_ASSIGNED TASK_:
Where does the string "away" appear in the records? Copy each line that holds it.

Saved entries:
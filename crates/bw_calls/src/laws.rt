//! What holds of tables over lives: each function's contract is a law, and there is nothing to run.

ghost use Rattle.bw_calls.specs.Laws.{AnEmptyStoreIsLawful, AStopLeavesTables, TablesGoOn};

/// A store without a pair has tables: none.
pub fn an_empty_store_is_lawful()
    ensures { AnEmptyStoreIsLawful }
{}

/// Whatever a stop leaves of a home with tables is lawful, and has the tables that some call left.
pub fn a_stop_leaves_tables()
    ensures { AStopLeavesTables }
{}

/// A store that begins over the segments of a home with tables has the tables that some call left.
pub fn tables_go_on()
    ensures { TablesGoOn }
{}
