ghost use Rattle.std.specs.Prelude.{◌≡◌, ◌<◌, ◌≤◌, [], ◌∷◌, true, false, None, Some, length, nat_eq, IfErr, IfOk, IfSome, IsTrue, OnOk};
ghost use Rattle.std.specs.List.{starts_with};
ghost use Rattle.bw_rows.specs.Spelling.{stands_key};
ghost use Rattle.bw_rows.specs.Meaning.{Tables};
ghost use Rattle.bw_rows.specs.Laws.{IsLawful, IsTables};
ghost use Rattle.bw_rows.specs.Batches.{said, FitsAside, HasNoAside, IsGathering, IsLeft, IsStanding};
ghost use Rattle.bw_home.specs.Maps.{maps_of};
ghost use Rattle.bw_home.specs.Ready.{IsReady};
ghost use Rattle.bw_calls.specs.Batches.{bytes_in, with_change, with_changes, Gathers, IsBatchLeftBy, IsOneRecord, IsShort, IsUpTo};
ghost use Rattle.bw_calls.specs.Changes.{IsFirstOf};
ghost use Rattle.bw_calls.specs.Lives.{Goes, Reads, Stays};
ghost use Rattle.bw_calls.specs.Standing.{plain_in, tables_in, waits};

use crate::collecting::collect_all;
use crate::fault::TableFault;
use crate::reading::{check, head_of, number_of};
use crate::ways;
use crate::writing::write;
use bw_codec::{Key, Record, Value};
use bw_home::Home;
use bw_ring::Group;
use bw_rows::limits::{MAX_LEN, MAX_WHOLE};
use bw_rows::{
    Head, Name, RowKey, TableNumber, no_row, read_aside_key, row_key, stands_key, whole,
};
use bw_tables::{aside_row, batch_end, batch_step, carry_row};

// The kind of keys of rows aside.
const ASIDE: u8 = 6;

// How many records a group may have.
const MOST: usize = 4;

/// What a batch does with one key of a table.
#[derive(Debug, Drop)]
pub struct Change {
    /// The name of the table.
    pub table: Name,
    /// The key in it.
    pub key: RowKey,
    /// The value that the key gets, of up to 16,777,216 bytes; `None` if the key goes away.
    pub value: Option<Vec<u8>>,
}

// A row aside, by a hint, with its key of the store.
fn first_aside(home: &mut Home, hint: &Key) -> Result<Option<(Key, Value)>, TableFault>
    requires { IsReady home.old holding }
    ensures ready { IsReady home.new holding }
    ensures same { (maps_of home.new holding).put ≡ (maps_of home.old holding).put }
    ensures first { IfOk result (λ pair. IsFirstOf (plain_in home.old holding) (6 ∷ []) pair) }
    ensures before { IfErr result (λ fault. waits fault ≡ false) }
    ensures leaves { Reads home.old home.new holding }
{
    ways::some_of(home, ways::key_of(&[ASIDE]), hint)
}

// A row aside goes away, of a batch that does not stand.
fn drop_aside(home: &mut Home, key: Key) -> Result<(), TableFault>
    requires ready { IsReady home.old holding }
    ensures ready { IsReady home.new holding }
    ensures stays { IsLawful (plain_in home.old holding) → IsTrue (starts_with nat_eq key (6 ∷ []))
        → IsTables (tables_in home.old holding) (plain_in home.new holding) }
    ensures before { IfErr result (λ fault. waits fault ≡ false) }
    ensures leaves { IsLawful (plain_in home.old holding) → IsTrue (starts_with nat_eq key (6 ∷ []))
        → Stays (tables_in home.old holding) home.old home.new holding }
{
    ways::prepare(home, Group::one(Record::Del(key)))
}

// All rows aside go away, of a batch that does not stand.
fn clear_asides(home: &mut Home) -> Result<(), TableFault>
    requires { IsReady home.old holding }
    ensures ready { IsReady home.new holding }
    ensures stays { IsLawful (plain_in home.old holding)
        → IsTables (tables_in home.old holding) (plain_in home.new holding) }
    ensures none { OnOk result (HasNoAside (plain_in home.new holding)) }
    ensures before { IfErr result (λ fault. waits fault ≡ false) }
    ensures leaves { IsLawful (plain_in home.old holding)
        → Stays (tables_in home.old holding) home.old home.new holding }
{
    let mut hint = ways::key_of(&[ASIDE]);
    'rows: for _ in 0..u64::MAX {
        match first_aside(home, &hint)? {
            Some((key, _)) => {
                hint = key.copy();
                drop_aside(home, key)?;
            }
            None => return Ok(()),
        }
    }
    Err(TableFault::NotTables)
}

// ---- the changes are set aside

// A row is written aside.
fn put_aside(
    home: &mut Home,
    table: TableNumber,
    key: &RowKey,
    row: Value,
) -> Result<(), TableFault>
    requires ready { IsReady home.old holding }
    ensures ready { IsReady home.new holding }
    ensures gathers { OnOk result (FitsAside (plain_in home.old holding) row
        → Gathers (plain_in home.old holding) table.bytes key.now
        (said (plain_in home.old holding) (Some row) None) (plain_in home.new holding)) }
    ensures stays { IsLawful (plain_in home.old holding)
        → IsTables (tables_in home.old holding) (plain_in home.new holding) }
    ensures before { IfErr result (λ fault. waits fault ≡ false) }
    ensures leaves { IsLawful (plain_in home.old holding)
        → Stays (tables_in home.old holding) home.old home.new holding }
{
    ways::prepare(home, aside_row(table, key, row))
}

// A key is to go away.
fn set_none(home: &mut Home, table: TableNumber, key: &RowKey) -> Result<(), TableFault>
    requires ready { IsReady home.old holding }
    ensures ready { IsReady home.new holding }
    ensures gathers { OnOk result (Gathers (plain_in home.old holding) table.bytes key.now
        None (plain_in home.new holding)) }
    ensures stays { IsLawful (plain_in home.old holding)
        → IsTables (tables_in home.old holding) (plain_in home.new holding) }
    ensures before { IfErr result (λ fault. waits fault ≡ false) }
    ensures leaves { IsLawful (plain_in home.old holding)
        → Stays (tables_in home.old holding) home.old home.new holding }
{
    put_aside(home, table, key, no_row())
}

// A key is to get a value that stands in its row.
fn set_short(
    home: &mut Home,
    table: TableNumber,
    key: &RowKey,
    value: &[u8],
) -> Result<(), TableFault>
    requires ready { IsReady home.old holding }
    requires short { length value.now ≤ 511 }
    ensures ready { IsReady home.new holding }
    ensures gathers { OnOk result (Gathers (plain_in home.old holding) table.bytes key.now
        (Some value.now) (plain_in home.new holding)) }
    ensures stays { IsLawful (plain_in home.old holding)
        → IsTables (tables_in home.old holding) (plain_in home.new holding) }
    ensures before { IfErr result (λ fault. waits fault ≡ false) }
    ensures leaves { IsLawful (plain_in home.old holding)
        → Stays (tables_in home.old holding) home.old home.new holding }
{
    put_aside(home, table, key, whole(value))
}

// A key is to get a long value, whose chunks go in first.
fn set_long(
    home: &mut Home,
    table: TableNumber,
    key: &RowKey,
    value: &[u8],
) -> Result<(), TableFault>
    requires ready { IsReady home.old holding }
    requires long { 511 < length value.now }
    requires few { length value.now ≤ 16777216 }
    ensures ready { IsReady home.new holding }
    ensures gathers { OnOk result (Gathers (plain_in home.old holding) table.bytes key.now
        (Some value.now) (plain_in home.new holding)) }
    ensures stays { IsLawful (plain_in home.old holding)
        → IsTables (tables_in home.old holding) (plain_in home.new holding) }
    ensures before { IfErr result (λ fault. waits fault ≡ false) }
    ensures leaves { IsLawful (plain_in home.old holding)
        → Stays (tables_in home.old holding) home.old home.new holding }
{
    let number = write(home, value)?;
    let head = Head {
        number,
        len: value.len() as u64,
    };
    put_aside(home, table, key, head.row())
}

// A key is to get a value of any length.
fn set_value(
    home: &mut Home,
    table: TableNumber,
    key: &RowKey,
    value: &[u8],
) -> Result<(), TableFault>
    requires ready { IsReady home.old holding }
    ensures ready { IsReady home.new holding }
    ensures gathers { OnOk result (Gathers (plain_in home.old holding) table.bytes key.now
        (Some value.now) (plain_in home.new holding)) }
    ensures stays { IsLawful (plain_in home.old holding)
        → IsTables (tables_in home.old holding) (plain_in home.new holding) }
    ensures before { IfErr result (λ fault. waits fault ≡ false) }
    ensures leaves { IsLawful (plain_in home.old holding)
        → Stays (tables_in home.old holding) home.old home.new holding }
{
    if value.len() <= MAX_WHOLE {
        return set_short(home, table, key, value);
    }
    if value.len() > MAX_LEN {
        return Err(TableFault::TooLong);
    }
    set_long(home, table, key, value)
}

// A key of a table is to get a value, or to go away.
fn set_at(
    home: &mut Home,
    table: TableNumber,
    key: &RowKey,
    value: &Option<Vec<u8>>,
) -> Result<(), TableFault>
    requires ready { IsReady home.old holding }
    ensures ready { IsReady home.new holding }
    ensures gathers { OnOk result (Gathers (plain_in home.old holding) table.bytes key.now
        (bytes_in value.now) (plain_in home.new holding)) }
    ensures stays { IsLawful (plain_in home.old holding)
        → IsTables (tables_in home.old holding) (plain_in home.new holding) }
    ensures before { IfErr result (λ fault. waits fault ≡ false) }
    ensures leaves { IsLawful (plain_in home.old holding)
        → Stays (tables_in home.old holding) home.old home.new holding }
{
    match value {
        Some(value) => set_value(home, table, key, value.as_slice()),
        None => set_none(home, table, key),
    }
}

// A change is set aside.
fn set_aside(home: &mut Home, change: &Change) -> Result<(), TableFault>
    requires ready { IsReady home.old holding }
    ensures ready { IsReady home.new holding }
    ensures gathers { (tables next : Tables) → IsGathering tables next (plain_in home.old holding)
        → OnOk result (IsGathering tables (with_change next change.now)
        (plain_in home.new holding)) }
    ensures stays { IsLawful (plain_in home.old holding)
        → IsTables (tables_in home.old holding) (plain_in home.new holding) }
    ensures before { IfErr result (λ fault. waits fault ≡ false) }
    ensures leaves { IsLawful (plain_in home.old holding)
        → Stays (tables_in home.old holding) home.old home.new holding }
{
    match number_of(home, &change.table)? {
        Some(table) => set_at(home, table, &change.key, &change.value),
        None => Err(TableFault::NoTable),
    }
}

_RESULT FOR THIS EXERCISE_:
    /// The value that the key gets, of up to 16,777,216 bytes; `None` if the key goes away.
// A row aside goes away, of a batch that does not stand.
// All rows aside go away, of a batch that does not stand.
// A key is to go away.
// A key of a table is to get a value, or to go away.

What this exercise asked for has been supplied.